Describe a sequence of rigid transformations that could be used to show that △ABC≅△EFD. Be sure to explain how you know that each pair of corresponding vertices will overlap perfectly. Then, explain why this sequence illustrates the SAS Congruence Theorem. rotation and translation

To show that triangle \( \triangle ABC \) is congruent to triangle \( \triangle EFD \) using rigid transformations, we can utilize a sequence of a rotation followed by a translation. Here’s how we can accomplish this:

Step 1: Identify Corresponding Parts

First, we need to identify which vertices and sides correspond between the two triangles. For example, we can assume:

• Vertex \( A \) corresponds to vertex \( E \)
• Vertex \( B \) corresponds to vertex \( F \)
• Vertex \( C \) corresponds to vertex \( D \)
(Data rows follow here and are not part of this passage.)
// The tasks that hooks are asked about, and what their answers make of changes.
ghost use Rattle.std.specs.Prelude.{◌≡◌, ◌∷◌, ◌++◌, List, IfOk, OnOk};
ghost use Rattle.std.specs.Option.{option_copied};
ghost use Rattle.tw_model.specs.declared.changes.Change.{Change as AnyChange};
ghost use Rattle.tw_commands.specs.Plan.{work_view};
ghost use Rattle.tw_commands.specs.Asks as spec;

use crate::plan::Work;
use std::alloc::Global;
use tw_changes::Request;
use tw_hooks::{Ask, Event};
use tw_model::{Change, TaskMap, Tasks};
use tw_words::Command;
use tw_world::Memory;

// What a command does to the tasks that hooks are asked about.
fn event_of(command: Command) -> Option<Event>
    ensures { result ≡ spec.event_of command }
{
    match command {
        Command::Add | Command::Log | Command::Duplicate => Some(Event::Add),
        Command::Modify
        | Command::Append
        | Command::Prepend
        | Command::Annotate
        | Command::Denotate
        | Command::Done
        | Command::Delete
        | Command::Start
        | Command::Stop => Some(Event::Modify),
        _ => None,
    }
}

/// What a request does to the tasks that hooks are asked about, if it asks. It takes no memory.
pub fn event_in(request: &Request<'_>) -> Option<Event>
    ensures { result ≡ spec.event_in request.now }
{
    if request.settings.hooks() {
        event_of(request.command)
    } else {
        None
    }
}

// Whether hooks are asked about a change.
fn is_asked_in(tasks: &Tasks, change: &Change) -> bool
    ensures { result ≡ spec.is_asked_in tasks.now change.now }
{
    let Some(after) = &change.task else {
        return false;
    };
    match tasks.get(change.uuid) {
        Some(before) => !before.is_same(after),
        None => true,
    }
}

fn copy_or_empty(alloc: Global, task: Option<&TaskMap>) -> Result<TaskMap, Memory>
    ensures { IfOk result (λ copy. copy ≡ spec.or_empty (option_copied task.entry)) }
{
    match task {
        Some(task) => task.copy(alloc),
        None => Ok(TaskMap::new(alloc)),
    }
}

fn ask_in(alloc: Global, tasks: &Tasks, change: &Change) -> Result<Ask, Memory>
    ensures { IfOk result (λ ask. ask ≡ spec.ask_in tasks.now change.now) }
{
    let before = copy_or_empty(alloc, tasks.get(change.uuid))?;
    let after = copy_or_empty(alloc, change.task.as_ref())?;
    Ok(Ask {
        uuid: change.uuid,
        before,
        after,
    })
}

fn push_ask(
    alloc: Global,
    asks: &mut Vec<Ask>,
    tasks: &Tasks,
    change: &Change,
) -> Result<(), Memory>
    ensures { OnOk result (asks.new.items ≡ asks.old.items ++ spec.asks_on tasks.now change.now) }
{
    if is_asked_in(tasks, change) {
        asks.push(ask_in(alloc, tasks, change)?)?;
    }
    Ok(())
}

/// What hooks are asked about changes of these tasks.
pub(crate) fn asks_of(
    alloc: Global,
    tasks: &Tasks,
    changes: &Vec<Change>,
) -> Result<Vec<Ask>, Memory>
    ensures { IfOk result (λ asks. asks.items ≡ spec.asks_of tasks.now changes.now.items) }
{
    let mut asks = Vec::new(alloc);
    for change in changes {
        push_ask(alloc, &mut asks, tasks, change)?;
    }
    Ok(asks)
}

// Puts a change after others, with the first answer if hooks are asked about it. Gives the answers that are left.
fn put_answered<'a>(
    alloc: Global,
    made: &mut Vec<Change>,
    tasks: &Tasks,
    change: Change,
    answers: &'a [TaskMap],
) -> Result<&'a [TaskMap], Memory>
    ensures { IfOk result (λ left. (rest : List AnyChange) → made.new.items ++ spec.answered_all left.now tasks.now rest
        ≡ made.old.items ++ spec.answered_all answers.now tasks.now (change ∷ rest)) }
{
    if let Some((answer, left)) = answers.split_first() {
        if is_asked_in(tasks, &change) {
            let task = Some(answer.copy(alloc)?);
            made.push(Change {
                uuid: change.uuid,
                task,
            })?;
            return Ok(left);
        }
    }
    made.push(change)?;
    Ok(answers)
}

// The changes, where the tasks that hooks are asked about become these.
fn answered_all(
    alloc: Global,
    tasks: &Tasks,
    changes: Vec<Change>,
    answers: &Vec<TaskMap>,
) -> Result<Vec<Change>, Memory>
    ensures { IfOk result (λ made. made.items ≡ spec.answered_all answers.now.items tasks.now changes.items) }
{
    let mut made = Vec::new(alloc);
    let mut left = answers.as_slice();
    for change in changes {
        left = put_answered(alloc, &mut made, tasks, change, left)?;
    }
    Ok(made)
}

/// The step of a plan, where the tasks that hooks are asked about become these.
pub(crate) fn answered_work(
    alloc: Global,
    tasks: &Tasks,
    work: Work,
    answers: &Vec<TaskMap>,
) -> Result<Work, Memory>
    ensures { IfOk result (λ made. work_view made ≡ spec.answered_work answers.now.items tasks.now (work_view work)) }
{
    match work {
        Work::Changes {
            renumber,
            changes,
            marks,
        } => {
            let changes = answered_all(alloc, tasks, changes, answers)?;
            Ok(Work::Changes {
                renumber,
                changes,
                marks,
            })
        }
        Work::TakeBack => Ok(Work::TakeBack),
    }
}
Step 2: Check Side Lengths

Next, we should ensure that the side lengths of the triangles satisfy the Side-Angle-Side (SAS) condition. This means at least one pair of sides in \( \triangle ABC \) has the same length as the corresponding side in \( \triangle EFD \), and the angle included between these sides is also congruent. Specifically, we need to check:

• \( AB \) corresponds to \( EF \)
• \( AC \) corresponds to \( ED \)
• The angle \( \angle ABC \) corresponds to \( \angle EFD \)

Step 3: Performing the Rigid Transformations

1. Rotation:

   • Rotate triangle \( \triangle ABC \) around point \( A \) (or \( E \) if we align it that way on the coordinate plane) by the angle necessary to align side \( AB \) with \( EF \). This action will ensure that point \( B \) lines up directly with point \( F \) because the side lengths and the angles remain the same due to the rigid nature of rotations.

2. Translation:

   • After the rotation, we will translate triangle \( \triangle ABC \) such that point \( A \) aligns with point \( E \). This translation will also move point \( B \) to point \( F \) and point \( C \) to point \( D \) because they have already been positioned correctly through the rotation.
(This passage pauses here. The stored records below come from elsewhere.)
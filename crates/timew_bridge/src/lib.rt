//! Hours that follow tasks: which intervals there are once active tasks have driven them.
//! The intervals are one function of the tasks, the intervals and the moment, and a second use of it changes nothing.
//! It stands on timew_interval (intervals), tw_urgency (what properties mean) and tw_model (tasks).
#![tactic(auto)]

mod active;
mod candidates;
mod closing;
mod drivers;
mod driving;
mod free;
mod known;
mod label;
pub mod laws;
mod named;

pub use drivers::Drivers;
pub use driving::{tail_of, track, track_tail, track_tail_among, track_tail_by};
Overlapping of Corresponding Vertices

• After completing the rotation, \( B \) will overlap \( F \), and \( C \) will overlap \( D \) when we translate \( A \) to \( E \). Thus, all pairs of corresponding vertices \( (A, E), (B, F), (C, D) \) will coincide perfectly, demonstrating that \( \triangle ABC \) and \( \triangle EFD \) occupy the same space geometrically.

SAS Congruence Theorem

This sequence of transformations illustrates the SAS Congruence Theorem, which states that if two sides of one triangle are congruent to two sides of another triangle, and the included angles are congruent, then the triangles are congruent.

• In our case, we have:
  • Side \( AB \) congruent to side \( EF \)
  • Side \( AC \) congruent to side \( ED \)
  • The included angle \( \angle ABC \) congruent to \( \angle EFD \)

Since the sequence of transformations preserves distance and angles, we can conclude that the triangles \( \triangle ABC \) and \( \triangle EFD \) are congruent, fulfilling the requirements of the SAS Congruence Theorem.